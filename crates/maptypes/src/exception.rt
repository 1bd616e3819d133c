//! Exceptions: what is said of a group beside its pool's rule (Ceph, OSDMap.h: `pg_upmap`, `pg_upmap_items`).

ghost use Rattle.std.specs.Prelude.{◌≡◌};
ghost use Rattle.maptypes.specs.Exceptions.{says_soundly};
ghost use Rattle.keylist.specs.Keys.{is_distinct};

use crate::pg::Pg;
use crate::pool::Pool;
use crate::short::{Blank, Short};
use keylist::Keyed;

/// What is said of a group beside its pool's rule.
#[derive(Clone, Copy, Debug, PartialEq, Eq)]
pub struct Exception<E: Blank> {
    /// The group.
    pub pg: Pg,
    /// What is said of it, in order: at most 20 OSDs or pairs.
    pub entries: Short<E>,
}

/// The OSDs that stand in place of what the rule gives for a group: its explicit set.
pub type Explicit = Exception<u32>;

/// The pairs that act on a group's set in order.
pub type Items = Exception<Pair>;

/// A pair: one OSD goes to another. Each takes two bytes, since a map may have a pair for each of its groups.
#[derive(Clone, Copy, Debug, PartialEq, Eq)]
pub struct Pair {
    /// The OSD that goes: 0 to 4,095.
    pub from: u16,
    /// The OSD that comes in its place: 0 to 4,095.
    pub to: u16,
}

impl Blank for u32 {
    ghost use Rattle.std.specs.Prelude.{zero};

    ghost blank = { zero };

    fn blank() -> u32 {
        0
    }
}

impl Blank for Pair {
    ghost use Rattle.maptypes.specs.Exceptions.{blank_pair};

    ghost blank = { blank_pair };

    fn blank() -> Pair {
        Pair { from: 0, to: 0 }
    }
}

impl<E: Blank> Keyed for Exception<E> {
    ghost use Rattle.maptypes.specs.Exceptions.{pg_key};

    ghost key_of = { λ e. pg_key e.pg };

    fn key(&self) -> u64 {
        self.pg.key()
    }
}

/// What names a group.
pub trait NamesGroup {
    ghost use Rattle.std.specs.Prelude.{◌≡◌};
    ghost use Rattle.maptypes.specs.declared.pg.Pg.{Pg};

    ghost named: { Self → Pg };

    /// The group.
    fn group(&self) -> Pg
        ensures { result ≡ named self.now };
}

impl NamesGroup for Pg {
    ghost named = { λ pg. pg };

    fn group(&self) -> Pg {
        *self
    }
}

impl<E: Blank> NamesGroup for Exception<E> {
    ghost named = { λ e. e.pg };

    fn group(&self) -> Pg {
        self.pg
    }
}

/// What an exception says of its group, entry by entry.
pub trait Entry: Blank {
    ghost use Rattle.std.specs.Prelude.{◌≡◌, ℕ, List, Bool};
    ghost use Rattle.maptypes.specs.Exceptions.{one_or_two};

    ghost names: { Self → List ℕ };

    ghost sound: { List Self → Bool };

    /// The OSDs that the entry names: one, or two.
    fn named_osds(&self) -> (u32, Option<u32>)
        ensures { names self.now ≡ one_or_two result.0 result.1 };

    /// Whether entries are sound together.
    fn are_sound(entries: &[Self]) -> bool
        ensures { result ≡ sound entries.now };
}

/// Whether no OSD stands twice among a few.
#[tactic(auto, unfolding(keylist::specs::Keys::is_distinct))]
fn are_distinct(osds: &[u32]) -> bool
    ensures { result ≡ is_distinct osds.now }
{
    match osds {
        [] => true,
        [osd, rest @ ..] => !rest.contains(osd) && are_distinct(rest),
    }
}

impl Entry for u32 {
    ghost use Rattle.maptypes.specs.Exceptions.{target, is_set};

    ghost names = { target };

    ghost sound = { is_set };

    fn named_osds(&self) -> (u32, Option<u32>) {
        (*self, None)
    }

    fn are_sound(entries: &[u32]) -> bool {
        are_distinct(entries)
    }
}

impl Entry for Pair {
    ghost use Rattle.maptypes.specs.Exceptions.{sides, are_pairs};

    ghost names = { sides };

    ghost sound = { are_pairs };

    fn named_osds(&self) -> (u32, Option<u32>) {
        (u32::from(self.from), Some(u32::from(self.to)))
    }

    fn are_sound(entries: &[Pair]) -> bool {
        entries.iter().all(|pair| pair.from != pair.to)
    }
}

impl<E: Entry> Exception<E> {
    /// Whether the exception says something, no more than the size of its pool, and that soundly: an explicit set names
    /// no OSD twice, and the sides of a pair differ.
    pub fn is_sound(&self, pool: &Pool) -> bool
        ensures { result ≡ says_soundly E.sound pool.now self.now }
    {
        let entries = self.entries.as_slice();
        0 < entries.len() && entries.len() <= usize::from(pool.size()) && E::are_sound(entries)
    }
}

____

WORK TO COMPLETE -> Reply with exactly the lines above from the one that contains "let entries = self.entries.as_slice();" through the final line of the material, and with nothing else.

TASK RESPONSE ->
        let entries = self.entries.as_slice();
        0 < entries.len() && entries.len() <= usize::from(pool.size()) && E::are_sound(entries)
    }
}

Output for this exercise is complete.